Physiologically-based pharmacokinetic model for CAR-T cells delivery and efficacy in solid tumors

Abnormal blood vessels limit the delivery and function of endogenous T cells as well as adoptively transferred Chimeric Antigen Receptor (CAR)-T cells in the tumor microenvironment (TME). We recently showed that vascular normalization using anti-VEGF therapy can overcome these challenges and improve the outcome of CAR-T therapy in glioblastoma models in mice. Here, we developed a physiologically based pharmacokinetic model to simulate the dynamics of both adoptively transferred CAR-T cells and endogenous immune cells in solid tumors following vascular normalization.
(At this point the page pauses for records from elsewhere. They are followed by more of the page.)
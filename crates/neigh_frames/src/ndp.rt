//! Neighbor Discovery for IPv6.
ghost use Rattle.std.specs.Prelude.{◌≡◌, ◌↔◌, ◌+◌, ◌≤◌, ℕ, List, Some, IfSome, IsTrue, length};
ghost use Rattle.ip_ranges.specs.declared.family.Family.TheVariants.{V6};
ghost use Rattle.std.specs.Option.{option_copied};
ghost use Rattle.l2_elect.specs.Kept.{AreKnown};
ghost use Rattle.l2_elect.specs.Listening.{listens_of};
ghost use Rattle.neigh_frames.specs.Solicitation.{HasRightChecksum, payload_length};
ghost use Rattle.neigh_frames.specs.Advertisement.{unasked_ndp_of};
ghost use Rattle.neigh_frames.specs.Ndp.{IsNdpAnswer, answer_of, answer_to, ipv6_address, is_asked};
ghost use Rattle.neigh_frames.specs.Ndp.{ndp_answer_of};

use crate::advertisement::{reply_to, to_all_nodes};
use crate::options::{Sender, sender_of};
use crate::solicitation::{has_message, has_valid_source, is_solicitation, payload_length};
use ip_ranges::{Address, Family};
use l2_elect::{Announcers, listens_known};
use speaker_view::View;

const OVERRIDE: u8 = 0x20;

/// The neighbor advertisement that answers the solicitation in an Ethernet frame, where the frame
/// has a valid one for an address for which the node listens on the interface (RFC 4861, sections
/// 4.3, 4.4, 7.1.1, 7.2.3 and 7.2.4). The Router and Override flags are clear, the Solicited flag
/// is set where the solicitation has a source address, and `mac` is the hardware address of the
/// interface. The frame's Ethernet destination isn't looked at, and bytes after the IPv6 packet are
/// padding. Extension headers and VLAN tags have no answer. It takes no memory.
pub fn ndp_answer(
    view: &View,
    node: &str,
    interface: &str,
    mac: &[u8; 6],
    frame: &[u8],
) -> Option<[u8; 86]>
    ensures value { result ≡ ndp_answer_of
        (listens_of view.now node.now interface.now) mac.now frame.now }
    ensures meaning { (answer : List ℕ)
        → (result ≡ Some answer) ↔ IsNdpAnswer view.now node.now interface.now mac.now frame.now
        answer }
    ensures checksum { IfSome result HasRightChecksum }
{
    ndp_answer_known(view, None, node, interface, mac, frame)
}

/// The same, by the announcers of the view where they are known: then no election is held. It takes
/// no memory.
pub fn ndp_answer_known(
    view: &View,
    announcers: Option<&Announcers>,
    node: &str,
    interface: &str,
    mac: &[u8; 6],
    frame: &[u8],
) -> Option<[u8; 86]>
    requires { AreKnown (option_copied announcers) view.now }
    ensures value { result ≡ ndp_answer_of
        (listens_of view.now node.now interface.now) mac.now frame.now }
    ensures meaning { (answer : List ℕ)
        → (result ≡ Some answer) ↔ IsNdpAnswer view.now node.now interface.now mac.now frame.now
        answer }
    ensures checksum { IfSome result HasRightChecksum }
{
    answer_if_asked(view, announcers, node, interface, mac, frame)
}

/// The advertisement, where the solicitation asks for an address that is listened to.
fn answer_if_asked(
    view: &View,
    announcers: Option<&Announcers>,
    node: &str,
    interface: &str,
    mac: &[u8; 6],
    frame: &[u8],
) -> Option<[u8; 86]>
    requires { AreKnown (option_copied announcers) view.now }
    ensures value { result ≡ ndp_answer_of
        (listens_of view.now node.now interface.now) mac.now frame.now }
    ensures checksum { IfSome result HasRightChecksum }
{
    if !is_asked(view, announcers, node, interface, frame) {
        return None;
    }
    answer(mac, frame)
}

/// The neighbor advertisement to all nodes that nobody asked for, by which they are told that `mac`
/// has the IPv6 address: the Override flag alone is set (RFC 4861, sections 4.4 and 7.2.6). It
/// takes no memory.
pub fn unasked_ndp(mac: &[u8; 6], address: &Address) -> [u8; 86]
    requires { address.now.family ≡ V6 }
    ensures value { result ≡ unasked_ndp_of mac.now address.now.number }
    ensures checksum { HasRightChecksum result }
{
    to_all_nodes(mac, &number_of(address).to_be_bytes(), OVERRIDE)
}

fn number_of(address: &Address) -> u128
    ensures { result ≡ address.now.number }
{
    address.number
}

/// Whether the frame asks for an address that is listened to.
fn is_asked(
    view: &View,
    announcers: Option<&Announcers>,
    node: &str,
    interface: &str,
    frame: &[u8],
) -> bool
    requires { AreKnown (option_copied announcers) view.now }
    ensures value { result ≡ is_asked (listens_of view.now node.now interface.now) frame.now }
    ensures long { IsTrue result → 24 ≤ payload_length frame.now }
    ensures whole { IsTrue result → 54 + payload_length frame.now ≤ length frame.now }
{
    has_message(frame)
        && is_solicitation(frame)
        && listens_known(view, announcers, node, interface, &ipv6(&frame[62..78]))
}

fn ipv6(bytes: &[u8]) -> Address
    requires { length bytes.now ≡ 16 }
    ensures { result ≡ ipv6_address bytes.now }
{
    let mut number = [0; 16];
    number.copy_from_slice(bytes);
    Address {
        family: Family::V6,
        number: u128::from_be_bytes(number),
    }
}

/// What is answered to a solicitation, if its options are whole.
fn answer(mac: &[u8; 6], frame: &[u8]) -> Option<[u8; 86]>
    requires long { 24 ≤ payload_length frame.now }
    requires whole { 54 + payload_length frame.now ≤ length frame.now }
    ensures value { result ≡ answer_of mac.now frame.now }
    ensures checksum { IfSome result HasRightChecksum }
{
    let end = 54 + payload_length(frame);
    let sender = sender_of(&frame[78..end])?;
    answer_to(mac, frame, &sender)
}

/// What is answered where the options say this of their sender.
fn answer_to(mac: &[u8; 6], frame: &[u8], sender: &Sender) -> Option<[u8; 86]>
    requires { 78 ≤ length frame.now }
    ensures value { result ≡ answer_to mac.now frame.now sender.now }
    ensures checksum { IfSome result HasRightChecksum }
{
    if !has_valid_source(frame, sender) {
        return None;
    }
    Some(reply_to(mac, frame, sender))
}
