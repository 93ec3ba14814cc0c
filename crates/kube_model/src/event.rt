//! What a line of a watch says.

use crate::copies::copied;
use crate::key::Key;
use crate::object::{Kind, Object};
use json_fields::FieldFault;
use kube_labels::{Text, TextList};
use mlb_base::{ByteList, NoMemory, TryCopy};
use thiserror::Error;

/// The lists that a watch begins with.
#[derive(Clone, Copy, Debug, PartialEq, Eq)]
pub enum ListGroup {
    Config,
    Service,
    Endpoint,
}

/// What happened.
#[derive(Drop)]
pub enum Event {
    /// The object is there now, with this version, which is at least 1 where it was read from a
    /// line.
    Changed { version: u64, object: Object },
    /// The object isn't there any more.
    Deleted { kind: Kind, key: Key },
    /// The list of the group has been shown whole.
    ListEnd { group: ListGroup },
    /// The watch has expired; the lists begin anew.
    Expired,
    /// The speakers that are active, their names distinct and ascending where they were read from a
    /// line.
    Members { names: TextList },
    /// An interface received these bytes.
    Frame { interface: Text, bytes: ByteList },
    /// Nothing that matters here.
    Ignored,
}

/// Why a line is no event.
#[derive(Debug, Drop, Error)]
pub enum EventFault {
    #[error("the line is no JSON")]
    NotJson,
    #[error("the line is no event")]
    NotEvent,
    /// The field at this path is the first that is invalid.
    #[error("the field {path} is not as stated")]
    Field { path: Text },
    #[error("out of memory")]
    NoMemory,
}

impl From<FieldFault> for EventFault {
    ghost use Rattle.std.specs.Prelude.{◌≡◌};
    ghost use Rattle.kube_model.specs.EventFaults.{event_fault};

    ghost from_gives = { λ f e. e ≡ event_fault f };

    fn from(fault: FieldFault) -> EventFault {
        match fault {
            FieldFault::Faulty(path) => EventFault::Field { path },
            FieldFault::NoMemory => EventFault::NoMemory,
        }
    }
}

impl From<NoMemory> for EventFault {
    ghost use Rattle.std.specs.Prelude.{◌≡◌};
    ghost use Rattle.kube_model.specs.declared.event.EventFault.TheVariants.{NoMemory};

    ghost from_gives = { λ _ e. e ≡ NoMemory };

    fn from(_refused: NoMemory) -> EventFault {
        EventFault::NoMemory
    }
}

impl TryCopy for Event {
    fn copy(&self) -> Result<Event, NoMemory> {
        match self {
            Event::Changed { version, object } => Ok(Event::Changed {
                version: *version,
                object: object.copy()?,
            }),
            Event::Deleted { kind, key } => Ok(Event::Deleted {
                kind: *kind,
                key: key.copy()?,
            }),
            Event::ListEnd { group } => Ok(Event::ListEnd { group: *group }),
            Event::Expired => Ok(Event::Expired),
            Event::Members { names } => Ok(Event::Members {
                names: names.copy()?,
            }),
            Event::Frame { interface, bytes } => {
                let (interface, bytes) = copied(interface, bytes)?;
                Ok(Event::Frame { interface, bytes })
            }
            Event::Ignored => Ok(Event::Ignored),
        }
    }
}
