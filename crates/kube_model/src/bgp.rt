//! Advertisements by BGP.

use crate::copies::{both, copied};
use crate::lengths::{LengthV4, LengthV6};
use crate::selector::SelectorTexts;
use kube_labels::{Text, TextList};
use mlb_base::{NoMemory, TryCopy};

/// A MetalLB BGPAdvertisement.
pub struct BgpAdv {
    pub name: Text,
    /// `spec.aggregationLength`.
    pub length: LengthV4,
    /// `spec.aggregationLengthV6`.
    pub length_v6: LengthV6,
    /// `spec.localPref`.
    pub local_pref: u32,
    /// `spec.communities`.
    pub communities: TextList,
    /// `spec.ipAddressPools`.
    pub pools: TextList,
    /// `spec.ipAddressPoolSelectors`.
    pub pool_selectors: SelectorTexts,
    /// `spec.nodeSelectors`.
    pub node_selectors: SelectorTexts,
    /// `spec.peers`.
    pub peers: TextList,
}

impl Drop for BgpAdv {
    fn drop(self) {
        let BgpAdv {
            name: _,
            length: _,
            length_v6: _,
            local_pref: _,
            communities: _,
            pools: _,
            pool_selectors: _,
            node_selectors: _,
            peers: _,
        } = self;
    }
}

impl TryCopy for BgpAdv {
    fn copy(&self) -> Result<BgpAdv, NoMemory> {
        let names = copied(&self.name, &self.peers);
        let lists = copied(&self.communities, &self.pools);
        let selectors = copied(&self.pool_selectors, &self.node_selectors);
        let ((name, peers), (lists, selectors)) = both(names, both(lists, selectors))?;
        let (communities, pools) = lists;
        let (pool_selectors, node_selectors) = selectors;
        Ok(BgpAdv {
            name,
            length: self.length,
            length_v6: self.length_v6,
            local_pref: self.local_pref,
            communities,
            pools,
            pool_selectors,
            node_selectors,
            peers,
        })
    }
}
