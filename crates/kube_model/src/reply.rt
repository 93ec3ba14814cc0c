//! What a put is answered.

/// The outcome of a put.
#[derive(Clone, Copy)]
pub enum PutReply {
    /// The record was replaced, and the service has this version now.
    Ok { version: u64 },
    /// The service is there with another version, and nothing was changed.
    Stale,
    /// The service isn't there.
    Missing,
    /// Whether the record was replaced is not known.
    Unknown,
}
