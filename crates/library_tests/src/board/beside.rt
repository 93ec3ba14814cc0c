//! A responder on a thread beside the writer's.
ghost use Rattle.std.specs.Prelude.{◌≡◌, [], IsTrue};

use crate::board::Sum;
use crate::board::pending::ask;
use shown_board::{BoardWriter, Naming, Opened, Post, Responder, board};
use std::alloc::Global;
use std::marker::Brand;
use std::process::Abort;
use std::sync::Wait;
use std::sync::atomic::{AtomicU64, Ordering};
use std::test::Fail;
use std::thread::{Threads, join};

const LOOKS: u64 = 1_000_000_000;

/// Asks until the sum is so, at most so many times, and tells that by the flag.
fn look<J: Naming>(mut responder: Responder<Sum, u64, J>, want: u64, flag: &AtomicU64) -> bool {
    for _ in 0..LOOKS {
        if matches!(ask(&mut responder), Some((total, _)) if total == want) {
            flag.store(1, Ordering::SeqCst);
            return true;
        }
    }
    false
}

/// Whether the flag is set within so many looks.
fn is_set(flag: &AtomicU64) -> bool {
    for _ in 0..LOOKS {
        if flag.load(Ordering::SeqCst) == 1 {
            return true;
        }
    }
    false
}

/// Appends the number, and publishes it.
fn show<P: Post<u64, J>, J: Naming, R: Wait>(
    rt: &R,
    writer: &mut BoardWriter<P, u64, J>,
    number: u64,
) -> bool
    requires { writer.old.pending ≡ [] }
    ensures { IsTrue result → writer.new.pending ≡ [] }
{
    writer.tell().len() < 100 && writer.append(number).is_ok() && writer.publish(rt).is_ok()
}

/// Publishes 3, waits for the flag, and publishes 4.
fn show_both<P: Post<u64, J>, J: Naming, R: Wait>(
    rt: &R,
    writer: &mut BoardWriter<P, u64, J>,
    flag: &AtomicU64,
) -> bool
    requires { writer.old.pending ≡ [] }
{
    show(rt, writer, 3) && is_set(flag) && show(rt, writer, 4)
}

fn is_met<J: Naming + Send + Sync, R: Threads + Wait + Abort + Sync>(
    rt: &R,
    alloc: Global,
    opened: Opened<u64>,
) -> Result<(), Fail>
    requires { opened.seen.book ≡ J.book }
{
    let nothing = Sum { total: 0 };
    let Ok((mut writer, responder)) = board::<Sum, u64, J, R>(rt, alloc, opened, nothing, nothing)
    else {
        return Err("no memory".into());
    };
    let flag = AtomicU64::new(0);
    let (looked, showed) = join(
        rt,
        || -> bool { look(responder, 3, &flag) },
        || -> bool
            requires { writer.pending ≡ [] }
        { show_both(rt, &mut writer, &flag) },
    );
    writer.end(rt);
    assert!(rt; looked && showed);
    Ok(())
}

/// The second number is published only once the first was seen, and the responder asks until it is:
/// neither thread can do without the other.
#[test]
fn the_responder_meets_the_writer(rt: HostRuntime) -> Result<(), Fail> {
    is_met::<Brand, _>(&rt, rt.alloc(), Opened::new())
}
Similar to our data, our model simulations show that vascular normalization reprograms the TME from immunosuppressive to immunosupportive—enhancing infiltration of endogenous CD8⁺ T cells and CAR-T cells, increasing M1 macrophages, and reducing M2 macrophages and regulatory T cells—thereby improving efficacy. Strikingly, vascular normalization reduces the number of infused CAR-T cells needed for tumor control by an order of magnitude. Moreover, synchronizing a second CAR-T infusion at their peak proliferative phase maximizes antitumor function. Furthermore, the efficacy of CAR-T cells engineered to secrete anti-VEGF antibody depends on the ability of CAR-T cells to induce vascular normalization. Additionally, combining vascular and stromal normalization can improve the efficacy of anti-VEGF antibody-producing FAP-CAR-T cells for the treatment of desmoplastic tumors such as pancreatic ductal adenocarcinoma. Finally, the model predicts that local CAR-T delivery can sustain high concentrations within the TME and induce recruitment of other antitumor immune cells, improving outcomes. Our model provides a versatile framework to optimize dosing strategies, treatment sequencing, and delivery routes for improving CAR-T therapies for solid tumors.

Significance Statement

Preclinical studies and early clinical trials of CAR-T therapy show encouraging responses in glioblastoma, diffuse midline gliomas, and neuroblastoma, yet substantial obstacles remain for effective CAR-T therapy for solid tumors. Building on our discovery that judicious VEGF blockade normalizes tumor vessels and enhances CD8⁺T-cell infiltration, we developed a mathematical model to optimize CAR-T therapy for solid tumors. Simulations predict that vascular normalization can render the TME immunosupportive and decrease CAR-T doses tenfold. In desmoplastic tumors, FAP-CAR-T efficacy is improved by combining anti-VEGF and stromal normalizing agents. Optimal scheduling and direct intratumoral delivery can mitigate T-cell exhaustion and improve tumor control further. Thus, our model serves as a strategic roadmap for optimal CAR-T deployment in solid tumors.